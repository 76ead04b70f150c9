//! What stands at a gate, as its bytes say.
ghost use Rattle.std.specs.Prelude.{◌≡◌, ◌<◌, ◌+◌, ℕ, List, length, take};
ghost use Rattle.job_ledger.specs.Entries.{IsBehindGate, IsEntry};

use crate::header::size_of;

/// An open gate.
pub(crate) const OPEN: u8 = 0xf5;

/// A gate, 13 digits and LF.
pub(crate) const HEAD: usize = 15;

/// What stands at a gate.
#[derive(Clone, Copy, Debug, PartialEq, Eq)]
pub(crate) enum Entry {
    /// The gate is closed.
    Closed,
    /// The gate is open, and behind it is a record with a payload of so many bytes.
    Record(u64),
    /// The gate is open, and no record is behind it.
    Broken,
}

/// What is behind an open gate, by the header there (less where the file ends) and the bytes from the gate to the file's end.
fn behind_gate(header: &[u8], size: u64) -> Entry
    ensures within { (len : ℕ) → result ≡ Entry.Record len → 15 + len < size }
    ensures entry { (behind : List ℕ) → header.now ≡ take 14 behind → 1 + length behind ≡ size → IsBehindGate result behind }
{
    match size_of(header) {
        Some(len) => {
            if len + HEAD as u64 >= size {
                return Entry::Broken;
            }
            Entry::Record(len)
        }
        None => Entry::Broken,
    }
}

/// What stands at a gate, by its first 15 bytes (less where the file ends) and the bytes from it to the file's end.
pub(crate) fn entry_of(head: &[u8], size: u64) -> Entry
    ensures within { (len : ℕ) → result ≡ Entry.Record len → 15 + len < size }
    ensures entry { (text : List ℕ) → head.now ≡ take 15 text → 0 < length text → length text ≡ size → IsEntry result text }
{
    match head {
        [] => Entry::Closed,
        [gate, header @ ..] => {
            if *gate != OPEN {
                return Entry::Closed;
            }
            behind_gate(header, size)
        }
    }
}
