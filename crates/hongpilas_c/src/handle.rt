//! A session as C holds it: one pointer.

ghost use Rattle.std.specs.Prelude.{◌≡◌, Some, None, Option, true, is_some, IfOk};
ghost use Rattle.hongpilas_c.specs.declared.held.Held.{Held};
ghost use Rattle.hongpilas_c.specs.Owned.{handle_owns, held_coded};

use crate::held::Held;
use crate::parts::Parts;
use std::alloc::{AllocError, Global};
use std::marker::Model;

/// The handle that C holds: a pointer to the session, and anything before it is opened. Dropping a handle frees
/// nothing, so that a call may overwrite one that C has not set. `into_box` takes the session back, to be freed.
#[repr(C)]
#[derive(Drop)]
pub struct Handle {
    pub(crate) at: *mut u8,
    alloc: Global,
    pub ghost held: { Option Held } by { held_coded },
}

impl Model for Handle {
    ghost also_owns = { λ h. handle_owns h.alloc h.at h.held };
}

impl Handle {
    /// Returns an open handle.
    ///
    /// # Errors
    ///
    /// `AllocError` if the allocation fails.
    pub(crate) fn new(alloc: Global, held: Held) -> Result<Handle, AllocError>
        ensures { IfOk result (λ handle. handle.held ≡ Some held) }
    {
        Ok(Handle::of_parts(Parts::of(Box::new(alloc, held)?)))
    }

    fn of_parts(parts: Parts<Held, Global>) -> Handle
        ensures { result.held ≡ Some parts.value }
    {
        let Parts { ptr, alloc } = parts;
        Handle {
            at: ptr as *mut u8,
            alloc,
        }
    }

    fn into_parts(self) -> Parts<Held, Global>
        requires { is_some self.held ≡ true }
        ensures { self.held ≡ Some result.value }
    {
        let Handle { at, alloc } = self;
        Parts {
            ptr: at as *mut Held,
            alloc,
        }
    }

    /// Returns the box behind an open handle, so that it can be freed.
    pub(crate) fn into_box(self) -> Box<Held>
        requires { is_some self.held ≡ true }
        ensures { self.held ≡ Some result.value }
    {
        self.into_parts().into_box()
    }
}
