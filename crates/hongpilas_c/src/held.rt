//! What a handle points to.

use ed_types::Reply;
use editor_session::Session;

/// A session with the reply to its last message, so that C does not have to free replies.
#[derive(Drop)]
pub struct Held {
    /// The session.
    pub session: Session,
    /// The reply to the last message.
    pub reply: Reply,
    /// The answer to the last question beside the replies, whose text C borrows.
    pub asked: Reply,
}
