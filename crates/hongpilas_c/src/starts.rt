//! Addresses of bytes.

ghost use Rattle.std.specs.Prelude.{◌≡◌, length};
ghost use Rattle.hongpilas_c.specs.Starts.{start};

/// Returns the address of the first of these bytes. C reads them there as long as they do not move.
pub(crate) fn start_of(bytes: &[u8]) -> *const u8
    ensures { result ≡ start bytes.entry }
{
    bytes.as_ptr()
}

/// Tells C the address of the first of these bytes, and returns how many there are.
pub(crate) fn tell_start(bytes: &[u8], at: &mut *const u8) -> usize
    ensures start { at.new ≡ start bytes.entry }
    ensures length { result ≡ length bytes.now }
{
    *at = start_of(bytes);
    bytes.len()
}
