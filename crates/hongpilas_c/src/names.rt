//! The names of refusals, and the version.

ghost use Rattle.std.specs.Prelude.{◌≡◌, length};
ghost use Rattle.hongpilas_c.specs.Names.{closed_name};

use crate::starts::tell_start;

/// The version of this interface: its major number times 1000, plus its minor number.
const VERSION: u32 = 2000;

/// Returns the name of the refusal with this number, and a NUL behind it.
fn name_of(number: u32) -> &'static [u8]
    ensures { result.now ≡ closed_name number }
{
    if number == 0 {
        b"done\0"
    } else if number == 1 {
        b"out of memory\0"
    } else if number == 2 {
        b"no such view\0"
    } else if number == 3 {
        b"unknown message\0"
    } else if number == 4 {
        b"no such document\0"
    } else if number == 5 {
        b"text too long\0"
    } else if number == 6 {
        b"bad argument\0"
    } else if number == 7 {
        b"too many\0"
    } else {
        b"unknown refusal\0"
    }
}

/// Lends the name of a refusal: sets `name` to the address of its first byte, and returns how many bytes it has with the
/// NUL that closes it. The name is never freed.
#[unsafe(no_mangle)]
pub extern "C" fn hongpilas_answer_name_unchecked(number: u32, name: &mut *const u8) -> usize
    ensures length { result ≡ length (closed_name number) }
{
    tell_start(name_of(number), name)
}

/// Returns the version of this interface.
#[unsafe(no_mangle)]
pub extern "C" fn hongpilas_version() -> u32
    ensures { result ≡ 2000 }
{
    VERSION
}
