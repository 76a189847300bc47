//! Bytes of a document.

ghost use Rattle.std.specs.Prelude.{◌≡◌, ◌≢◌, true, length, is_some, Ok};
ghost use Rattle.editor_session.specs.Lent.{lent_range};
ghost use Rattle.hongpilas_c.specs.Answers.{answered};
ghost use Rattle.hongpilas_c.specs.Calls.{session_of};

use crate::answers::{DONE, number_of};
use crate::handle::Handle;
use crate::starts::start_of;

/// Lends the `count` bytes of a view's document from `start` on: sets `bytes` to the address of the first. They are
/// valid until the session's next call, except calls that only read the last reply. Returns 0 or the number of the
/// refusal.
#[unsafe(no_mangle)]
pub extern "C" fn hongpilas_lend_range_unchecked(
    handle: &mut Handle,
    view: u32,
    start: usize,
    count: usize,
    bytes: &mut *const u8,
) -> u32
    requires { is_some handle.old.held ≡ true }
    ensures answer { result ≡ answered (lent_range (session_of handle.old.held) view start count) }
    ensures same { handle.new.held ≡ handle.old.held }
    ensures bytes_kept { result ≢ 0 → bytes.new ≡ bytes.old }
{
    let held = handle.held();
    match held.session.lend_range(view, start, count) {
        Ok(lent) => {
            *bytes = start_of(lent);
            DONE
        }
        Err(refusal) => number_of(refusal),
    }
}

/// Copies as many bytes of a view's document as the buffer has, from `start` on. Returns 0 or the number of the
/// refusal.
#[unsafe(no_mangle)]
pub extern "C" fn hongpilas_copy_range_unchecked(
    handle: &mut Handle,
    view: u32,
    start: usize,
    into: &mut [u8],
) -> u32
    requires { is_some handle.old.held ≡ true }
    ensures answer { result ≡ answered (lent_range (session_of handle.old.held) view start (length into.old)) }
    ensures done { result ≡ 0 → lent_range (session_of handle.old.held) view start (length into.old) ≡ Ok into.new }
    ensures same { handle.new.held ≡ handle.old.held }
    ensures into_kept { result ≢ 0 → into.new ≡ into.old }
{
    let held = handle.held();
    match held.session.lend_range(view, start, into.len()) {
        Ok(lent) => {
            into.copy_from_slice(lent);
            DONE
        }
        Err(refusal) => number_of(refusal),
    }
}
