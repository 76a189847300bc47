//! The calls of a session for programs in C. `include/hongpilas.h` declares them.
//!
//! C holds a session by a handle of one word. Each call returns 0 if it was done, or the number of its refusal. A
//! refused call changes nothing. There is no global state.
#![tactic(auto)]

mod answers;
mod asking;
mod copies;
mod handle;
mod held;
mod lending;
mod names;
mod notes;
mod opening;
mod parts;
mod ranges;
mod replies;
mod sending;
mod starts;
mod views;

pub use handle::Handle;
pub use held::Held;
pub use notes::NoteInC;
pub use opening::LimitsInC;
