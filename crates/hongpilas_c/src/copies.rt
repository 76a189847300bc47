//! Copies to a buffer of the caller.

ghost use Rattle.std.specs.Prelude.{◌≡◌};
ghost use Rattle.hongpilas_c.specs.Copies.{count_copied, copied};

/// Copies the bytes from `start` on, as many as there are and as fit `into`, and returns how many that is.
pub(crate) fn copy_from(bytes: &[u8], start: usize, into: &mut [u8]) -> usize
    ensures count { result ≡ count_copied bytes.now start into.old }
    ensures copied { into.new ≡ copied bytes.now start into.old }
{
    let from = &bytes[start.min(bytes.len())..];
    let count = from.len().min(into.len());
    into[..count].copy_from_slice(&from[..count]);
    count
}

- **Problem details**
Using the entries above, quote each line verbatim from the first through the line that contains "stands at a gate.".

- **Your solution**
repository 76ead04b70f150c9
//! What stands at a gate, as its bytes say.
ghost use Rattle.std.specs.Prelude.{◌≡◌, ◌<◌, ◌+◌, ℕ, List, length, take};
ghost use Rattle.job_ledger.specs.Entries.{IsBehindGate, IsEntry};

use crate::header::size_of;

/// An open gate.
pub(crate) const OPEN: u8 = 0xf5;

/// A gate, 13 digits and LF.
pub(crate) const HEAD: usize = 15;

/// What stands at a gate.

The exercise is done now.